**What the exercise asks**
Transcribe everything in the records, dropping and changing nothing.

**Input for this task**
// Runs as tests write them down.

use fork_graph::GraphTurn;
use plain_vec::Listed;
use std::alloc::{AllocError, Global};

// The turns of each task.
pub type Table = &'static [&'static [GraphTurn]];

// The lists of a table.
pub fn lists(alloc: Global, table: Table) -> Result<Listed<Listed<GraphTurn>>, AllocError> {
    let mut tasks = Listed::new(alloc);
    for row in table {
        tasks.push(list(alloc, row)?)?;
    }
    Ok(tasks)
}

fn list(alloc: Global, row: &[GraphTurn]) -> Result<Listed<GraphTurn>, AllocError> {
    let mut turns = Listed::new(alloc);
    for turn in row {
        turns.push(*turn)?;
    }
    Ok(turns)
}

**Solved problem**
// Runs as tests write them down.

use fork_graph::GraphTurn;
use plain_vec::Listed;
use std::alloc::{AllocError, Global};

// The turns of each task.
pub type Table = &'static [&'static [GraphTurn]];

// The lists of a table.
pub fn lists(alloc: Global, table: Table) -> Result<Listed<Listed<GraphTurn>>, AllocError> {
    let mut tasks = Listed::new(alloc);
    for row in table {
        tasks.push(list(alloc, row)?)?;
    }
    Ok(tasks)
}

fn list(alloc: Global, row: &[GraphTurn]) -> Result<Listed<GraphTurn>, AllocError> {
    let mut turns = Listed::new(alloc);
    for turn in row {
        turns.push(*turn)?;
    }
    Ok(turns)
}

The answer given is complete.